Как известно, непомерные тяготы Великой Отечественной войны тяжелейшим грузом легли на плечи населения городов и сел, сделав скудной и бедной и без того неприхотливую жизнь простого советского человека. Люди недоедали, а в Ленинграде, где сотни тысяч, включая детей и стариков, умирали от голода, было отмечено более тысячи случаев людоедства. Не до жиру, быть бы живу — пословица эта в лучшей степени оправдала себя именно в военное время. А как питались в те годы звездные солисты Большого театра? Неплохо, и это еще мягко сказано. Кухня гостиницы «Националь»[54]
на Моховой улице работала всю войну без перебоев, а в ее ресторане, открытом для избранных, собирались удивительные компании народных артистов и орденоносцев. 23 октября 1942 года мать арфистки Веры Дуловой записала в дневнике историю о том, как группа певцов Большого театра вкусно и сытно питается. Поведал ее артист балета Большого театра начала XX века Федор Остроградский, который «очень образно рассказывал, как они два раза в месяц, “когда очень хочется пожрать” (его слова), утешаются, ублажая свой аппетит в ресторане “Националь”. Их компания: Нежданова, Голованов, Катульская, Обухова, Ханаев, Собинова и еще кто-то, не помню. В одном из кабинетов сервирован стол — как следует, с фигурно уложенными накрахмаленными салфетками и т. д. Дамы одеты по-вечернему… мужчины также. Обед начинается с закуски: икра со свежими огурцами, семга, лососина и другие закуски. Вина какие хочешь, затем обед. Борщ красный с ватрушками. Сметана такая, что ложка стоит, причем сотейник большой, и можете, не стесняясь, положить хоть целую ложку; сметана так густа, что сначала лежит горкой на горячем борще и постепенно тает, достигая краев… Затем шла рыба с соусом, птица — дичь. Салаты нескольких сортов и сладкое, запеченные фрукты в соусе, в чашках, и все облито малиновым сиропом».Кроме как пиром во время чумы все эти застолья не назовешь, по всей стране действовала карточная система — и в Москве (где ели котлеты из собачьего мяса), и в других городах. Попроще кормили в ресторане «Арагви» на улице Горького, но опять же не всех: консерваторскую профессуру, артистов фронтовых бригад. Вот, например, как питались остальные артисты Большого театра, получавшие более чем скромный обед. «Я никогда больше не слышал такого выражения, как “размножать суп”. Один обед выдавался на руки из столовой, и мы с женой добавляли кипяток в тарелку супа, чтобы всей семье в четыре человека хватило бы по тарелке», — свидетельствовал Анатолий Орфенов.
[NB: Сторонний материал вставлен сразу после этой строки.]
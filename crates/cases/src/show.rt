// The words that print what stands somewhere:
//
//     ,            a comma
//     Answer K     the status of answer K, from 0, and its data
//     Heard K      the flags of log record K, from 0, and the low half of its mask
//     Word P R     register R of the PHY at place P
//     Step I       byte I of the steps
//     Given I      byte I of the answers
//     Flag I       byte I of the log
//     Output I     byte I of the text
use crate::desk::Desk;
use crate::script::{UnknownLetter, Word};
use frame::{Answer, Frame};
use std::io;
use verdict::{byte_at, word_at};

#[derive(Clone, Copy)]
pub(crate) enum Show {
    Comma,
    Answer,
    Heard,
    Word,
    Step,
    Given,
    Flag,
    Output,
}

impl TryFrom<u8> for Show {
    type Error = UnknownLetter;

    fn try_from(letter: u8) -> Result<Show, UnknownLetter> {
        match letter {
            b',' => Ok(Show::Comma),
            b'A' => Ok(Show::Answer),
            b'H' => Ok(Show::Heard),
            b'W' => Ok(Show::Word),
            b'S' => Ok(Show::Step),
            b'G' => Ok(Show::Given),
            b'F' => Ok(Show::Flag),
            b'O' => Ok(Show::Output),
            _ => Err(UnknownLetter),
        }
    }
}

// A byte, decimal, and the word that a place has, in four hexadecimal digits.
fn byte_and_word(rt: &impl Print, buffer: &[u8], at: usize, place: usize) -> io::Result<()> {
    let byte = byte_at(buffer, at);
    let word = word_at(buffer, place);
    print!(rt; " {byte} {word:04X}")
}

fn byte(rt: &impl Print, buffer: &[u8], at: u32) -> io::Result<()> {
    print!(rt; " {}", byte_at(buffer, at as usize))
}

impl Desk {
    pub(crate) fn show(&self, rt: &impl Print, show: Show, word: Word) -> io::Result<()> {
        match show {
            Show::Comma => rt.write_all(b","),
            Show::Answer => {
                let at = word.a as usize * Answer::BYTES;
                byte_and_word(rt, &self.answers, at, at + 4)
            }
            Show::Heard => {
                let at = word.a as usize * Frame::LOG_RECORD;
                byte_and_word(rt, &self.log, at, at + 3)
            }
            Show::Word => self.register(rt, word),
            Show::Step => byte(rt, &self.steps, word.a),
            Show::Given => byte(rt, &self.answers, word.a),
            Show::Flag => byte(rt, &self.log, word.a),
            Show::Output => byte(rt, &self.text, word.a),
        }
    }

    fn register(&self, rt: &impl Print, word: Word) -> io::Result<()> {
        match self.board.phys.get(word.a as usize) {
            Some(phy) => print!(rt; " {:04X}", phy.word((word.b % 256) as u8)),
            None => Ok(()),
        }
    }
}
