// What a case works on: a board, and the buffers, as each case finds them. The words that write into them are in `writes`. All
// cases work at one desk, each once it is clear: a new one for each would be copied, which takes longer.
ghost use Rattle.std.specs.Prelude.{◌≡◌, length, replicate};

use crate::calls::Call;
use crate::changes::Change;
use crate::script::Word;
use crate::show::Show;
use crate::writes::Write;
use board::Board;
use frame::{Answer, Frame, Steps, Transaction};
use std::io;
use verdict::zeroed;
use waveform::Waveform;

// The inputs have room for one record more than is allowed.
const FILE: usize = (Board::PLACES + 1) * Board::RECORD;

const LIST: usize = (Transaction::MOST + 1) * Transaction::BYTES;

const EVENTS: usize = (Board::MOST_EVENTS + 1) * Board::EVENT_RECORD;

// The outputs have it too, and a byte behind it; the text has room for the longest, and that byte.
const STEPS: usize = (Transaction::MOST + 1) * Frame::CLOCKS + 1;

const LOG: usize = (Steps::MOST + 1) * Frame::LOG_RECORD + 1;

const ANSWERS: usize = (Transaction::MOST + 1) * Answer::BYTES + 1;

const TEXT: usize = Waveform::LONGEST + 1;

#[derive(Drop)]
pub(crate) struct Desk {
    pub(crate) board: Board,
    pub(crate) file: [u8; FILE],
    pub(crate) list: [u8; LIST],
    pub(crate) events: [u8; EVENTS],
    pub(crate) steps: [u8; STEPS],
    pub(crate) log: [u8; LOG],
    pub(crate) answers: [u8; ANSWERS],
    pub(crate) text: [u8; TEXT],
}

// 33 board records like board P's, with the addresses 0 to 32.
fn file() -> [u8; FILE] {
    let mut file = zeroed::<FILE>();
    for (address, record) in (0u8..).zip(file.chunks_exact_mut(Board::RECORD)) {
        record[0] = address;
        record[5] = 0x0F;
        record[6] = 0x30;
        record[8] = 0x78;
        record[9] = 0x49;
    }
    file
}

// 65 reads of the status of PHY 1.
fn list() -> [u8; LIST] {
    let mut list = zeroed::<LIST>();
    for record in list.chunks_exact_mut(Transaction::BYTES) {
        record[0] = Transaction::READ;
        record[1] = 1;
        record[2] = 1;
    }
    list
}

// 257 events: event k at clock k, its addresses 0 to 31 and its codes 1 to 7 in turn.
fn events() -> [u8; EVENTS] {
    let mut events = zeroed::<EVENTS>();
    for (k, record) in (0u16..).zip(events.chunks_exact_mut(Board::EVENT_RECORD)) {
        let [high, low] = k.to_be_bytes();
        record[0] = high;
        record[1] = low;
        record[2] = (k % 32) as u8;
        record[3] = (k % 7 + 1) as u8;
    }
    events
}

// What stands in the outputs: a byte that no log has for its flags, and no text anywhere; as flags it says that no signal is 1.
const UNWRITTEN: u8 = 8;

impl Desk {
    // A desk with nothing on it. Each case clears it first.
    pub(crate) fn new() -> Desk {
        Desk {
            board: board::load(b"").board,
            file: [0; FILE],
            list: [0; LIST],
            events: [0; EVENTS],
            steps: [0; STEPS],
            log: [0; LOG],
            answers: [0; ANSWERS],
            text: [0; TEXT],
        }
    }

    // The desk becomes as each case finds it.
    pub(crate) fn clear(&mut self)
        ensures steps { self.new.steps ≡ replicate (length self.old.steps) 8 }
        ensures log { self.new.log ≡ replicate (length self.old.log) 8 }
        ensures answers { self.new.answers ≡ replicate (length self.old.answers) 8 }
        ensures text { self.new.text ≡ replicate (length self.old.text) 8 }
    {
        self.board = board::load(b"").board;
        self.file = file();
        self.list = list();
        self.events = events();
        self.steps.fill(UNWRITTEN);
        self.log.fill(UNWRITTEN);
        self.answers.fill(UNWRITTEN);
        self.text.fill(UNWRITTEN);
    }

    // What a word of a case does. A misspelt one shows as a question mark.
    pub(crate) fn obey(&mut self, rt: &impl Print, word: Word) -> io::Result<()> {
        if let Ok(write) = Write::try_from(word.letter) {
            self.write(write, word);
        } else if let Ok(change) = Change::try_from(word.letter) {
            self.change(change, word);
        } else if let Ok(call) = Call::try_from(word.letter) {
            self.call(rt, call, word)?;
        } else if let Ok(show) = Show::try_from(word.letter) {
            self.show(rt, show, word)?;
        } else {
            rt.write_all(b" ?")?;
        }
        Ok(())
    }
}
Он в 1942 году пел в филиале театра на Большой Дмитровке, основное здание было закрыто. Участники спектаклей с нетерпением ждали, когда им принесут по бутерброду. Обстановка была фронтовой — военную тревогу объявляли по пять раз на день, но по вечерам в затемненном филиале загорались люстры, открывался буфет для публики, среди которой встречалось немало военных.
Суламифь Мессерер вернулась в прифронтовую Москву из куйбышевской эвакуации поздней осенью 1941 года для участия в балете «Дон Кихот». Директор филиала Михаил Габович выхлопотал для артистов особый паек, названный ими «эликсиром веселья»: полбуханки хлеба в день и почему-то бутылку вина на неделю. «Трапезы наши, — вспоминала балерина, — становились в определенном смысле библейскими: вкушали хлеб, макая его в вино. Захмелеешь чуток и, глядишь, уже сыт. Можно идти танцевать на пуантах. Не знаю, страдал ли баланс, но легкость ощущалась необыкновенная. Новая методология в балете, о которой теоретики почему-то до сих пор молчат». И при таком рационе артисты еще умудрялись выступать на сцене.
А возвратившийся в 1943 году в Москву Кирилл Кондрашин не мог достать себе еды. Хотя немцев от Москвы отогнали, но с продуктами оставались большие трудности. Деньги были, а хлеб на них не купишь, Кондрашин стоял у Филипповской булочной на Тверской (тогда улица Горького) и просил продать ему хотя бы кусочек, прячась от знакомых музыкантов. А дома у него хранилось масло, купленное за проданный на барахолке шерстяной костюм. Масло некуда было намазать, голодный дирижер вынужден был уплетать его без хлеба, до тошноты. Карточек у него тоже не было, поскольку в Москве его сразу не прописали.